For example, this mentioned here: link.
I also saw this in my data.
I wonder – does anyone know a good reference where this is explained and justified more rigorously with some math and for some more-or-less wide class of processes?
Here are some plots:
Series with positive autocorrelation before differencing
Autocorrelation before differencing
Series after differencing
Autocorrelation after differencing
Best Answer
Take the simple white noise process $Z_t$, $EZ_t=0$, $cov(Z_t,Z_{t-h})=0$, for all $h\neq 0$. Now take its difference $Y_t=Z_{t}-Z_{t-1}$and calculate the first lag autocovariance:
$$cov(Y_t,Y_{t-1})=cov(Z_t-Z_{t-1},Z_{t-1}-Z_{t-2})=-cov(Z_{t-1},Z_{t-1})=-var(Z_t)$$
Hence $corr(Y_t,Y_{t-1})=-1/2.$ (Since $var(Y_t)=2var(Z_t)$).
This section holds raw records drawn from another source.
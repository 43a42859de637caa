ghost use Rattle.std.specs.Prelude.{◌≡◌, ℕ, List, Some};
ghost use Rattle.pb_program.specs.Configs.{ConfigValue, SiteValue};
ghost use Rattle.pb_tuner.specs.Judged.{Costs};
ghost use Rattle.pb_tuner.specs.Tuned.{AreTold, IsTuned};
ghost use Rattle.pb_tuner.specs.declared.journal.Asked.{Asked};

/// A law: where costs are told, one configuration is tuned, and one journal leads to it.
pub fn told_costs_have_one_tuning()
    ensures { (sites : List SiteValue) (up_to : ℕ) (costs : Costs) (a b : List Asked) (c d : ConfigValue)
        → IsTuned sites up_to a c → IsTuned sites up_to b d → AreTold (Some costs) a → AreTold (Some costs) b → (a ≡ b) × (c ≡ d) }
{}

/// A law: where costs are told, a configuration is tuned, and a journal leads to it.
pub fn told_costs_have_a_tuning()
    ensures { (sites : List SiteValue) (up_to : ℕ) (costs : Costs) → (asked : List Asked) × (c : ConfigValue) × IsTuned sites up_to asked c × AreTold (Some costs) asked }
{}
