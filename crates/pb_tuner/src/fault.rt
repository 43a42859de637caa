use std::alloc::{AllocError, AllocFailed};

/// Why nothing was found. `JudgeFault`: the judge failed at this size, after so many answers. `Memory`: memory ran out.
#[derive(Debug, Drop)]
pub enum TuneFault {
    JudgeFault { size: u64, asked: u64 },
    Memory,
}

impl From<AllocError> for TuneFault {
    ghost use Rattle.std.specs.Prelude.{◌≡◌};
    ghost use Rattle.pb_tuner.specs.declared.fault.TuneFault.TheVariants.{Memory};

    ghost from_gives = { λ _ e. e ≡ Memory };

    fn from(_error: AllocError) -> TuneFault {
        TuneFault::Memory
    }
}

impl<T: Drop> From<AllocFailed<T>> for TuneFault {
    ghost use Rattle.std.specs.Prelude.{◌≡◌};
    ghost use Rattle.pb_tuner.specs.declared.fault.TuneFault.TheVariants.{Memory};

    ghost from_gives = { λ _ e. e ≡ Memory };

    fn from(_error: AllocFailed<T>) -> TuneFault {
        TuneFault::Memory
    }
}
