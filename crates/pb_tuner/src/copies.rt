ghost use Rattle.std.specs.Prelude.{◌≡◌, IfOk};

use pb_program::{Config, Entry, Selector, Site};
use std::alloc::{AllocError, Global};

fn copy_site(alloc: Global, site: &Site) -> Result<Site, AllocError>
    ensures { IfOk result (λ copy. copy ≡ site.now) }
{
    Ok(Site {
        transform: site.transform,
        matrix: site.matrix,
        set: Vec::from_slice(alloc, &site.set)?,
    })
}

fn copy_selector(alloc: Global, selector: &Selector) -> Result<Selector, AllocError>
    ensures { IfOk result (λ copy. copy ≡ selector.now) }
{
    Ok(Selector {
        first: selector.first,
        levels: Vec::from_slice(alloc, &selector.levels)?,
    })
}

pub(crate) fn copy_config(alloc: Global, config: &Config) -> Result<Config, AllocError>
    ensures { IfOk result (λ copy. copy ≡ config.now) }
{
    let mut entries = Vec::with_capacity(alloc, config.entries.len())?;
    for entry in &config.entries {
        entries.push(Entry {
            site: copy_site(alloc, &entry.site)?,
            selector: copy_selector(alloc, &entry.selector)?,
        })?;
    }
    Ok(Config { entries })
}
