use crate::judge::Cost;
use pb_program::Config;

/// A question to the judge, with its answer.
#[derive(Drop)]
pub struct Asked {
    pub size: u64,
    pub config: Config,
    pub cost: Cost,
}

/// All that was asked, in order.
#[derive(Drop)]
pub struct Journal {
    pub asked: Vec<Asked>,
}
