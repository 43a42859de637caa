ghost use Rattle.std.specs.Prelude.{◌≡◌, ◌*◌, ◌≤◌, ℕ, IfErr, IfOk, IsTrue, OnOk};
ghost use Rattle.std.specs.List.{AllByRecursion};
ghost use Rattle.pb_program.specs.Configs.{IsSite, IsValid, is_cutoff};
ghost use Rattle.pb_program.specs.Trees.{bare_prog};
ghost use Rattle.pb_tuner.specs.Judged.{Stays};
ghost use Rattle.pb_tuner.specs.Tuned.{After, AreTold, IsFault, IsTuned, candidates};

use crate::asking::ask_all;
use crate::candidates::candidates;
use crate::fault::TuneFault;
use crate::journal::{Asked, Journal};
use crate::judge::Judge;
use crate::selection::select;
use pb_program::{Config, Prog, Site};
use std::alloc::Global;

// Asks for the candidates at a size, puts the answers into the journal, and selects the next population.
fn generation<J: Judge>(
    alloc: Global,
    sites: &[Site],
    size: u64,
    judge: &mut J,
    population: Vec<Config>,
    journal: &mut Vec<Asked>,
) -> Result<Vec<Config>, TuneFault>
    requires valid { AllByRecursion (IsValid (J.program judge.old)) (candidates sites.now size population.items) }
    requires size { IsTrue (is_cutoff size) }
    ensures found { IfOk result (λ next. (up_to : ℕ) → size ≤ up_to → After sites.now up_to size population.items journal.old.items
        → After sites.now up_to (size * 2) next.items journal.new.items) }
    ensures told { OnOk result (AreTold (J.told judge.old) journal.old.items → AreTold (J.told judge.old) journal.new.items) }
    ensures stays { Stays J.program J.told J.faults judge.old judge.new }
    ensures fault { IfErr result (λ e. (up_to : ℕ) → size ≤ up_to → After sites.now up_to size population.items journal.old.items
        → AreTold (J.told judge.old) journal.old.items → IsFault sites.now up_to (J.told judge.old) (J.faults judge.old) (J.faults judge.new) e) }
{
    let configs = candidates(alloc, sites, size, &population)?;
    let mut asked = ask_all(alloc, judge, size, configs, journal.len() as u64)?;
    let next = select(alloc, population, &asked)?;
    journal.append(&mut asked)?;
    Ok(next)
}

/// Finds a configuration for a program: for the sizes 1, 2, 4 and so on up to a bound it asks the judge for the costs of a
/// population of configurations and of their extensions by the sites at this size, and goes on with the four cheapest.
pub fn tune<J: Judge>(
    alloc: Global,
    p: &Prog,
    sites: &[Site],
    up_to: u64,
    judge: &mut J,
) -> Result<(Config, Journal), TuneFault>
    requires up_to { IsTrue (is_cutoff up_to) }
    requires sites { AllByRecursion (IsSite (bare_prog p.now)) sites.now }
    requires program { J.program judge.old ≡ bare_prog p.now }
    ensures found { IfOk result (λ r. IsTuned sites.now up_to r.1.asked.items r.0) }
    ensures valid { IfOk result (λ r. IsValid (bare_prog p.now) r.0) }
    ensures told { IfOk result (λ r. AreTold (J.told judge.old) r.1.asked.items) }
    ensures fault { IfErr result (IsFault sites.now up_to (J.told judge.old) (J.faults judge.old) (J.faults judge.new)) }
    ensures stays { Stays J.program J.told J.faults judge.old judge.new }
{
    let mut journal = Vec::new(alloc);
    let mut population = Vec::new(alloc);
    population.push(Config {
        entries: Vec::new(alloc),
    })?;
    let mut size = 1;
    while size <= up_to {
        population = generation(alloc, sites, size, judge, population, &mut journal)?;
        size *= 2;
    }
    let first = population.swap_remove(0);
    Ok((first, Journal { asked: journal }))
}
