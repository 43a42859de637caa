ghost use Rattle.std.specs.Prelude.{◌≡◌, ℕ, IfOk, IsTrue, List, Option};
ghost use Rattle.pb_program.specs.Configs.{IsValid, is_cutoff};
ghost use Rattle.pb_program.specs.Trees.{ProgTransform};
ghost use Rattle.pb_tuner.specs.Judged.{Costs, CountsFault, IsTold};

use pb_program::Config;
use std::alloc::AllocError;

/// What a judge answers.
#[derive(Clone, Copy, Debug, PartialEq, Eq)]
pub enum Cost {
    /// What a run costs, in the judge's unit.
    Fit(u64),
    /// The configuration can't be run at this size.
    Unfit,
    /// The judge failed, and there is no answer.
    Failed,
}

/// Who knows costs: a cost model, a stop watch.
pub trait Judge {
    /// The program that is judged.
    ghost program: { Self → List ProgTransform };

    /// The costs, where they are told.
    ghost told: { Self → Option Costs };

    /// How often it failed; it stands still at its type's end.
    ghost faults: { Self → ℕ };

    /// The cost of a configuration at a size.
    fn cost(&mut self, c: &Config, size: u64) -> Result<Cost, AllocError>
        requires valid { IsValid (program self.old) c.now }
        requires size { IsTrue (is_cutoff size) }
        ensures told { IfOk result (IsTold (told self.old) c.now size) }
        ensures faults { CountsFault result (faults self.old) (faults self.new) }
        ensures same_program { program self.new ≡ program self.old }
        ensures same_costs { told self.new ≡ told self.old };
}
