//! What a wire hands texts to and takes texts from.
ghost use Rattle.std.specs.Prelude.{◌≡◌, ℕ, Bool, true, List, Option};

use cf_queue::Out;

/// Who hears a client's texts, and says what goes out to it. What it makes of a text, and what it gives, it states itself.
pub trait Desk {
    ghost use Rattle.cf_queue.specs.declared.queue.Out.{Out};

    ghost hears: { Self → List ℕ → Self → Type 0 };

    ghost gives: { Self → Option Out → Self → Type 0 };

    ghost ready: { Self → Bool };

    /// Whether it hears a further text by now. While it doesn't, what it gives goes out, and nothing is read.
    fn is_ready(&self) -> bool
        ensures { result ≡ ready self.now };

    /// Hears a text message, of any length, while it is ready.
    fn heard(&mut self, text: &str)
        requires ready { ready self.old ≡ true }
        ensures { hears self.old text.now self.new };

    /// What goes out next. None: nothing does, by now.
    fn next(&mut self) -> Option<Out>
        ensures { gives self.old result self.new };
}
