//! The head of a request, read from a stream up to the blank line that ends it.
ghost use Rattle.std.specs.Prelude.{◌≡◌, ◌+◌, ◌≤◌, length, IfOk, IfErr, IfSome, IsNone};
ghost use Rattle.cf_wire.specs.Heads.{Comes, HasNoEnd, IsHeadEnd, ends_head};
ghost use Rattle.cf_wire.specs.Refused.{IsOutside};

use crate::accept::WireFault;
use std::alloc::Global;
use std::io::Read;

/// The longest head of a request, in bytes.
const LONGEST_HEAD: usize = 16_384;
/// How many bytes one read of the stream asks for while the head is read.
const READ_BYTES: usize = 512;

/// Whether a blank line ends here.
fn ends_head(bytes: &[u8], end: usize) -> bool
    requires { end ≤ length bytes.now }
    ensures { result ≡ ends_head bytes.now end }
{
    end >= 4 && &bytes[end - 4..end] == b"\r\n\r\n".as_slice()
}

/// Where the head ends: behind the first blank line, which ends behind `from`.
fn head_end(bytes: &[u8], from: usize) -> Option<usize>
    requires within { from ≤ length bytes.now }
    requires before { HasNoEnd bytes.now (from + 1) }
    ensures some { IfSome result (IsHeadEnd bytes.now) }
    ensures none { IsNone result → HasNoEnd bytes.now (length bytes.now + 1) }
{
    for at in from..bytes.len() {
        if ends_head(bytes, at + 1) {
            return Some(at + 1);
        }
    }
    None
}

/// Reads up to the end of the head: the bytes read, and where the head ends. `None`: the head is longer than 16,384 bytes.
pub(crate) fn read_head<S: Read>(
    alloc: Global,
    stream: &mut S,
) -> Result<(Vec<u8>, Option<usize>), WireFault>
    ensures comes { IfOk result
        (λ read. Comes S.remaining stream.old stream.new read.0.items read.1) }
    ensures outside { IfErr result IsOutside }
{
    let mut head = Vec::new(alloc);
    let mut chunk = [0u8; READ_BYTES];
    while head.len() < LONGEST_HEAD {
        let count = stream.read(&mut chunk)?;
        if count == 0 {
            return Err(WireFault::StreamFault);
        }
        let from = head.len();
        head.extend_from_slice(&chunk[..count])?;
        if let Some(end) = head_end(head.as_slice(), from) {
            let end = if end > LONGEST_HEAD { None } else { Some(end) };
            return Ok((head, end));
        }
    }
    Ok((head, None))
}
Now for any (causal) stationary process $X_t$ there exists such a white noise process $Z_t$ and coefficients $\psi_j$ such that $X_t=\sum_{j=0}^{\infty}\psi_jZ_{t-j}$. This is courtesy of the Wold decomposition. Thus
$$cov(X_t,X_{t+h})=\sum_{j=0}^\infty\psi_j\psi_{j+h}$$
For the differenced version $Y_t=X_t-X_{t-1}$ we have
$$Y_{t}=Z_{t}+(\psi_1-1)Z_{t-1}+\sum_{j=2}(\psi_{j}-\psi_{j-1})Z_{t-j}$$
and
$$cov(Y_t,Y_{t-1})=\psi_1-1+\sum_{j=2}^{\infty}(\psi_{j}-\psi_{j-1})(\psi_{j-1}-\psi_{j-2})$$
Now more often than not the coefficients $\psi_j$ are decreasing and less than one. So we have that $\psi_1-1<0$ and is larger than remaining sum. This would be one (very obvious) explanation why the first covariance is negative. More can be said with more careful analysis of the terms of the sum, but I think I managed to convey the general idea.